Concept
What GRPO does in Kiln
GRPO is the feedback-training endpoint for cases where you can score model outputs better than you can write one perfect answer.
Each request contains groups. A group has the original chat-format messages and several completions, each with generated text and a numeric reward.
Kiln normalizes the rewards within each group, applies the GRPO loss to LoRA parameters, saves the resulting adapter, and auto-loads it by default when training completes. Inference can keep serving while the training job runs in the background queue.
Rollouts
Generate multiple completions per prompt
Use /v1/completions/batch when you need efficient rollout generation. Send chat-format prompts plus n completions per prompt, then score each returned completion with your reward function before building the GRPO payload.
Rollout generation shape
curl -s http://localhost:8420/v1/completions/batch \
-H "Content-Type: application/json" \
-d '{
"prompts": [
[{"role": "user", "content": "What is 47 + 138? Reply with just the number."}],
[{"role": "user", "content": "What is 23 * 17? Reply with just the number."}]
],
"n": 8,
"temperature": 0.9,
"max_tokens": 64,
"seed": 42
}' \
| python3 -m json.tool
The batch response identifies which prompt each completion came from, so your scorer can reshape completions back into per-prompt groups.
Training
Submit scored completions to /v1/train/grpo
The minimal request is {"groups": [...]}; every config field has a server default. Use output_name when you want a stable adapter name, and leave auto_load at its default if the new adapter should become active immediately after training.
First GRPO training request
curl -s http://localhost:8420/v1/train/grpo \
-H "Content-Type: application/json" \
-d '{
"groups": [{
"messages": [{"role": "user", "content": "What is 47 + 138? Reply with just the number."}],
"completions": [
{"text": "185", "reward": 1.0},
{"text": "The answer is 184", "reward": 0.0},
{"text": "185.", "reward": 1.0},
{"text": "47 + 138 = 185", "reward": 0.8}
]
}],
"config": {
"learning_rate": 1e-5,
"kl_coeff": 0.1,
"clip_epsilon": 0.2,
"lora_rank": 16,
"output_name": "math-correctness",
"auto_load": true
}
}' \
| python3 -m json.tool
Common config fields
learning_rate, kl_coeff, and clip_epsilon tune the GRPO update.
lora_rank and lora_alpha control adapter capacity.
base_adapter continues from an existing adapter.
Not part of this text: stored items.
// The functions that C calls, and Rust through the archive: each is that of the library `ferrysprig`, under the same name and with the same
// clauses. They stand in a crate of their own since no other crate can use one whose functions are exported.
#![tactic(auto)]

ghost use Rattle.std.specs.Prelude.{◌≡◌};
ghost use Rattle.bits.specs.Bits.{range_eq};
ghost use Rattle.syntax.specs.Names as Name;
ghost use Rattle.ac3.specs.Frame as frame;
ghost use Rattle.ac3.specs.Promise.{call};
ghost use Rattle.ac3.specs.Marked.{among};
ghost use Rattle.burst.specs.Answers as bursts;
ghost use Rattle.edits.specs.Edits as edits;
ghost use Rattle.ac3.specs.Apart.{header_to};
ghost use Rattle.ferrysprig.specs.Apart.{header_told, blocks_held};
ghost use Rattle.salvage.specs.Lent.{salvaged};
ghost use Rattle.index.specs.Index.{indexed};
ghost use Rattle.aht.specs.Aht.{aht_of};
ghost use Rattle.ferrysprig.specs.Aht.{aht_numbers};
ghost use Rattle.level.specs.Level.{correct_to};
ghost use Rattle.profile.specs.Answers.{profile_to};
ghost use Rattle.packed.specs.Converted.{packing, unpacking};
ghost use Rattle.ferrysprig.specs.Bursts.{burst_told};
ghost use Rattle.ferrysprig.specs.Levels.{level_told};
ghost use Rattle.ferrysprig.specs.Numbers.{told};
ghost use Rattle.ferrysprig.specs.Packings.{packing_told};
ghost use Rattle.ferrysprig.specs.Profiles.{profile_told};
ghost use Rattle.ferrysprig.specs.Promise.{PromisedNumbers};
ghost use Rattle.ferrysprig.specs.Salvages.{salvage_told};
ghost use Rattle.ferrysprig.specs.Indexes.{index_told};

use ferrysprig::{
    ANSWER, BURST_ANSWER, HEADER_ANSWER, LEVEL_ANSWER, PACKING_ANSWER, PROFILE_ANSWER,
    SALVAGE_ANSWER,
};

// Parses the frame at a place of a capture into the lent rows, and writes the answer's numbers.
#[unsafe(no_mangle)]
pub extern "C" fn ferrysprig_parse(
    capture: &[u8],
    place: usize,
    rows: &mut [i32],
    answer: &mut [i32; ANSWER],
)
    ensures rows_after { (answer.new, rows.new) ≡ told (frame.answer capture.now place rows.old) }
    ensures promised_numbers { PromisedNumbers (call capture.now place rows.old) answer.new rows.new }
{
    ferrysprig::ferrysprig_parse(capture, place, rows, answer);
}

// Reads the header of the frame at a place of a capture, as far as addbsi, and writes its answer's numbers.
#[unsafe(no_mangle)]
pub extern "C" fn ferrysprig_header(
    capture: &[u8],
    place: usize,
    rows: &mut [i32],
    answer: &mut [i32; HEADER_ANSWER],
)
    ensures { (answer.new, rows.new) ≡ header_told (header_to (call capture.now place rows.old)) }
{
    ferrysprig::ferrysprig_header(capture, place, rows, answer);
}

// Parses the frame at a place of a capture for one who holds ten numbers of its header. They may be any: only those that the header is
// answered with in this very call are taken, and they are held against these before a row is written.
#[unsafe(no_mangle)]
pub extern "C" fn ferrysprig_blocks(
    capture: &[u8],
    place: usize,
    rows: &mut [i32],
    header: &[i32; HEADER_ANSWER],
    answer: &mut [i32; ANSWER],
)
    ensures { (answer.new, rows.new) ≡ blocks_held (call capture.now place rows.old) header.now }
{
    ferrysprig::ferrysprig_blocks(capture, place, rows, header, answer);
}

// Whether the n bits of x from bit a on are those of y from bit b on. Where either range ends past its slice they are not.
#[unsafe(no_mangle)]
pub extern "C" fn ferrysprig_range_eq(x: &[u8], a: usize, y: &[u8], b: usize, n: usize) -> bool
    ensures { result ≡ range_eq x.now a y.now b n }
{
    ferrysprig::ferrysprig_range_eq(x, a, y, b, n)
}

// Writes the frame at a place of a capture as one IEC 61937 burst of 6,144 bytes, and the answer's numbers.
#[unsafe(no_mangle)]
pub extern "C" fn ferrysprig_burst_write(
    capture: &[u8],
    place: usize,
    rows: &mut [i32],
    out: &mut [u8],
    answer: &mut [i32; BURST_ANSWER],
)
    ensures { (answer.new, (rows.new, out.new)) ≡ burst_told (bursts.written capture.now place rows.old out.old) }
{
    ferrysprig::ferrysprig_burst_write(capture, place, rows, out, answer);
}

// Writes the frame of an IEC 61937 burst, and the answer's numbers.
#[unsafe(no_mangle)]
pub extern "C" fn ferrysprig_burst_read(
    burst: &[u8],
    rows: &mut [i32],
    out: &mut [u8],
    answer: &mut [i32; BURST_ANSWER],
)
    ensures { (answer.new, (rows.new, out.new)) ≡ burst_told (bursts.read burst.now rows.old out.old) }
{
    ferrysprig::ferrysprig_burst_read(burst, rows, out, answer);
}

// Whether new values in the fields of this name change nothing but themselves.
#[unsafe(no_mangle)]
pub extern "C" fn ferrysprig_editable(name: usize) -> bool
    ensures { result ≡ among name Name.editable }
{
    ferrysprig::ferrysprig_editable(name)
}

// Writes a value of this width at a bit of the frame that starts at a place of the capture, and answers the refusal.
#[unsafe(no_mangle)]
pub extern "C" fn ferrysprig_set(
    capture: &mut [u8],
    place: usize,
    position: usize,
    width: usize,
    value: usize,
) -> u8
    ensures { (result, capture.new) ≡ edits.set capture.old place position width value }
{
    ferrysprig::ferrysprig_set(capture, place, position, width, value)
}

// Goes through a broken capture: its frames are written one after the other, frames and gaps are listed, three numbers to an entry (kind,
// place, length), and then the answer's numbers are written.
#[unsafe(no_mangle)]
pub extern "C" fn ferrysprig_salvage(
    capture: &[u8],
    rows: &mut [i32],
    list: &mut [usize],
    out: &mut [u8],
    answer: &mut [usize; SALVAGE_ANSWER],
)
    ensures { ((answer.new, (list.new, out.new)), rows.new) ≡ salvage_told (salvaged capture.now rows.old list.old out.old) }
{
    ferrysprig::ferrysprig_salvage(capture, rows, list, out, answer);
}

// Makes an index of a capture, or extends one that holds so many entries, five numbers to an entry (place, length, acmod, dialnorm, second
// dialnorm), and then writes the answer's numbers.
#[unsafe(no_mangle)]
pub extern "C" fn ferrysprig_index(
    capture: &[u8],
    rows: &mut [i32],
    index: &mut [usize],
    entries: usize,
    answer: &mut [usize; 2],
)
    ensures { ((answer.new, index.new), rows.new) ≡ index_told (indexed capture.now rows.old index.old entries) }
{
    ferrysprig::ferrysprig_index(capture, rows, index, entries, answer);
}

// Walks over an AHT section from bit `at` on, with the bins from first up to past, where nothing may end past bit `end`, and writes the
// answer's numbers.
#[unsafe(no_mangle)]
pub extern "C" fn ferrysprig_aht(
    bytes: &[u8],
    at: usize,
    end: usize,
    hebap: &[u8],
    first: usize,
    past: usize,
    answer: &mut [usize; 3],
)
    ensures { answer.new ≡ aht_numbers (aht_of bytes.now at end hebap.now first past) }
{
    ferrysprig::ferrysprig_aht(bytes, at, end, hebap, first, past, answer);
}

// Holds the frame at a place of a capture against the contribution profile, and writes the answer's numbers.
#[unsafe(no_mangle)]
pub extern "C" fn ferrysprig_profile(
    capture: &[u8],
    place: usize,
    rows: &mut [i32],
    answer: &mut [i32; PROFILE_ANSWER],
)
    ensures { (answer.new, rows.new) ≡ profile_told (profile_to capture.now place rows.old) }
{
    ferrysprig::ferrysprig_profile(capture, place, rows, answer);
}

// Corrects the level of a programme, counted from 1, in the frame at a place of a capture, lists what changed, three numbers to a change
// (name, old value, new value), and writes the answer's numbers. On a refusal capture and changes are untouched.
#[unsafe(no_mangle)]
pub extern "C" fn ferrysprig_correct(
    capture: &mut [u8],
    place: usize,
    programme: usize,
    level: usize,
    rows: &mut [i32],
    changes: &mut [i32; 12],
    answer: &mut [i32; LEVEL_ANSWER],
)
    ensures { (answer.new, (changes.new, (rows.new, capture.new))) ≡ level_told (correct_to capture.old place programme level rows.old changes.old) }
{
    ferrysprig::ferrysprig_correct(capture, place, programme, level, rows, changes, answer);
}

// Packs a listing's text into the front of `out`, and writes the answer's numbers.
#[unsafe(no_mangle)]
pub extern "C" fn ferrysprig_pack(
    listing: &[u8],
    out: &mut [u8],
    answer: &mut [usize; PACKING_ANSWER],
)
    ensures { (answer.new, out.new) ≡ packing_told (packing listing.now out.old) }
{
    ferrysprig::ferrysprig_pack(listing, out, answer);
}

// Writes the text of a packed listing into the front of `out`, and then the answer's numbers.
#[unsafe(no_mangle)]
pub extern "C" fn ferrysprig_unpack(
    packed: &[u8],
    out: &mut [u8],
    answer: &mut [usize; PACKING_ANSWER],
)
    ensures { (answer.new, out.new) ≡ packing_told (unpacking packed.now out.old) }
{
    ferrysprig::ferrysprig_unpack(packed, out, answer);
}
output_name names the saved adapter.
auto_load defaults to true.
Payload guardrails
- Put options under
config, not at the top level.
- Use
groups, messages, completions, text, and reward.
- GRPO does not use SFT's
epochs field.
- Use at least a few completions per group so rewards can be compared.
Monitoring
Watch the background training job
/v1/train/grpo returns a queued job immediately. Poll /v1/train/status to see pending, running, completed, or failed jobs, then confirm the trained adapter through the adapter APIs or the web UI.
If the kiln CLI is on your PATH, run kiln train status for the same info as a readable summary (use --url http://host:8420 for remote servers). The curl command below is the equivalent HTTP probe — handy for CI, scripts, or any environment without the CLI.
Training status from the CLI
kiln train status
Training status
curl -s http://localhost:8420/v1/train/status | python3 -m json.tool
Once a job is completed, confirm the new adapter actually landed and is active. If the kiln CLI is on your PATH, kiln adapters list shows the new adapter and which one is active. The curl command below hits the same endpoint for CI or scripted use.
Confirm the trained adapter from the CLI
kiln adapters list
Confirm the trained adapter
curl -s http://localhost:8420/v1/adapters | python3 -m json.tool
If a GRPO request is rejected or stays queued longer than expected, start with the troubleshooting guide and the full endpoint map in API training.